### Records shown
__________

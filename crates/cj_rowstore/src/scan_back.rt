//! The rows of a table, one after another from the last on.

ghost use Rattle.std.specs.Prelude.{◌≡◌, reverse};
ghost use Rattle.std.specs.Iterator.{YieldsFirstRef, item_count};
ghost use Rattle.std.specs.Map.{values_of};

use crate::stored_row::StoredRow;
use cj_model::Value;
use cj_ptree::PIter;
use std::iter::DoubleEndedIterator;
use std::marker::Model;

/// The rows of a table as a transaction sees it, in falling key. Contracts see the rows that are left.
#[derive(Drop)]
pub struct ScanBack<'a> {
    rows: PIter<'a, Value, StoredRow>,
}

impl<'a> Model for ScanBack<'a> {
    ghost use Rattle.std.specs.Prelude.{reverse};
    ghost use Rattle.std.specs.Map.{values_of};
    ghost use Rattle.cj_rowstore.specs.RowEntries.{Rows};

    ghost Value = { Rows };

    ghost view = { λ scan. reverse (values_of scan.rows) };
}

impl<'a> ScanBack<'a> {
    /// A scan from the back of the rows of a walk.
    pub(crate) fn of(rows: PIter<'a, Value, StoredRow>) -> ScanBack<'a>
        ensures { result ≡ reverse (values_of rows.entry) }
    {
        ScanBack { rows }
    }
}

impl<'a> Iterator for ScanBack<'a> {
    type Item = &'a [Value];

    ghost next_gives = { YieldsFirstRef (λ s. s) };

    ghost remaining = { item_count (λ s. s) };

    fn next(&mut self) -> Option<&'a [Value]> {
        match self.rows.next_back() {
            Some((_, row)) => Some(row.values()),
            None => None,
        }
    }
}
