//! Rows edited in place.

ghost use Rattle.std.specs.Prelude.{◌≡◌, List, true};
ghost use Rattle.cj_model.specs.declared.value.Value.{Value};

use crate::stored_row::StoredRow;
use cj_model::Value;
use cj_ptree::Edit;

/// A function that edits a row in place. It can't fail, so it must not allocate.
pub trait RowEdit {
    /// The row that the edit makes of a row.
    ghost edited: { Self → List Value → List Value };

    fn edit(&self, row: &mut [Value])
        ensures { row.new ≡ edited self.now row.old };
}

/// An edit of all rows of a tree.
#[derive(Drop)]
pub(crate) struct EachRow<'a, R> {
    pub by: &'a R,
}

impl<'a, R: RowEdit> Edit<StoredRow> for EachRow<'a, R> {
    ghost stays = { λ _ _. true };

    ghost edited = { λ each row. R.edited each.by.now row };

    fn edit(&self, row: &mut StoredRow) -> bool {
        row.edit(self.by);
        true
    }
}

__________

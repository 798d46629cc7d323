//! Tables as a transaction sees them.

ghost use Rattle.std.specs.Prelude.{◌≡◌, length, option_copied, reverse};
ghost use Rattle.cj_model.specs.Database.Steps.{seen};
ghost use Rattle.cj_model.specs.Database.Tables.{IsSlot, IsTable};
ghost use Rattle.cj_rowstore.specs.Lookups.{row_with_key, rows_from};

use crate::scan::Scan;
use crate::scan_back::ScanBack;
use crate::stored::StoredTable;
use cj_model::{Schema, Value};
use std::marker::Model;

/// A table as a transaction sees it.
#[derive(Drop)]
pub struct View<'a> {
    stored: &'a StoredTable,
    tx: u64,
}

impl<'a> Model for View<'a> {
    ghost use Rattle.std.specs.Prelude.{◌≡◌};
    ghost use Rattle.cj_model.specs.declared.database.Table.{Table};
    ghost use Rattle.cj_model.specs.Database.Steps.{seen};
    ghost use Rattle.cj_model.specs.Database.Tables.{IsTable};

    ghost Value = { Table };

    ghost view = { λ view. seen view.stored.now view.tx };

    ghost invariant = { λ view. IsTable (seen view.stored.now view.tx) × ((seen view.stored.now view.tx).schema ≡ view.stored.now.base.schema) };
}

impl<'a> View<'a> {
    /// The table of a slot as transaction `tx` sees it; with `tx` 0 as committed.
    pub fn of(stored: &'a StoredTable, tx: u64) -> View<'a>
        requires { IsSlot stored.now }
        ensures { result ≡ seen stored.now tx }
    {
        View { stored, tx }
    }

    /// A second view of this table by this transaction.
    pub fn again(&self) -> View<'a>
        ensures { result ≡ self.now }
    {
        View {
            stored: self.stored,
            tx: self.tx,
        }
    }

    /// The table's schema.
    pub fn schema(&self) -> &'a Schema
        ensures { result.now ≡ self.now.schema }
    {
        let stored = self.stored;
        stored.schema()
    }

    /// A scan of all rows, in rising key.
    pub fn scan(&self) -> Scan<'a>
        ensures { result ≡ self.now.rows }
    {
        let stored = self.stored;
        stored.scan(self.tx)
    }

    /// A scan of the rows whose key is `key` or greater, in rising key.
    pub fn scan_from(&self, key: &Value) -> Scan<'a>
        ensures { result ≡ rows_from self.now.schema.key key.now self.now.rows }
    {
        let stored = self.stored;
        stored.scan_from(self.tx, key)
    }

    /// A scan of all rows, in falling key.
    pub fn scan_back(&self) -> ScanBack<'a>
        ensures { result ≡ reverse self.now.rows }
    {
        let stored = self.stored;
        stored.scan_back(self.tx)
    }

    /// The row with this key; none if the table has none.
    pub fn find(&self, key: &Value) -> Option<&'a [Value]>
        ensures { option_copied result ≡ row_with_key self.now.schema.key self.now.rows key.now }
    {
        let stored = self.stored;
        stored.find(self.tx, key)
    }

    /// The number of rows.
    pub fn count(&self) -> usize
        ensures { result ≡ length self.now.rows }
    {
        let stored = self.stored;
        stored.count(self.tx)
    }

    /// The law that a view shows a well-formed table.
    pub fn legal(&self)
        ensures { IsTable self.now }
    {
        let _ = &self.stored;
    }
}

__________

### Activity
For each line above that contains the word "RowEdit", make a copy.

### Response to the exercise
pub trait RowEdit {
impl<'a, R: RowEdit> Edit<StoredRow> for EachRow<'a, R> {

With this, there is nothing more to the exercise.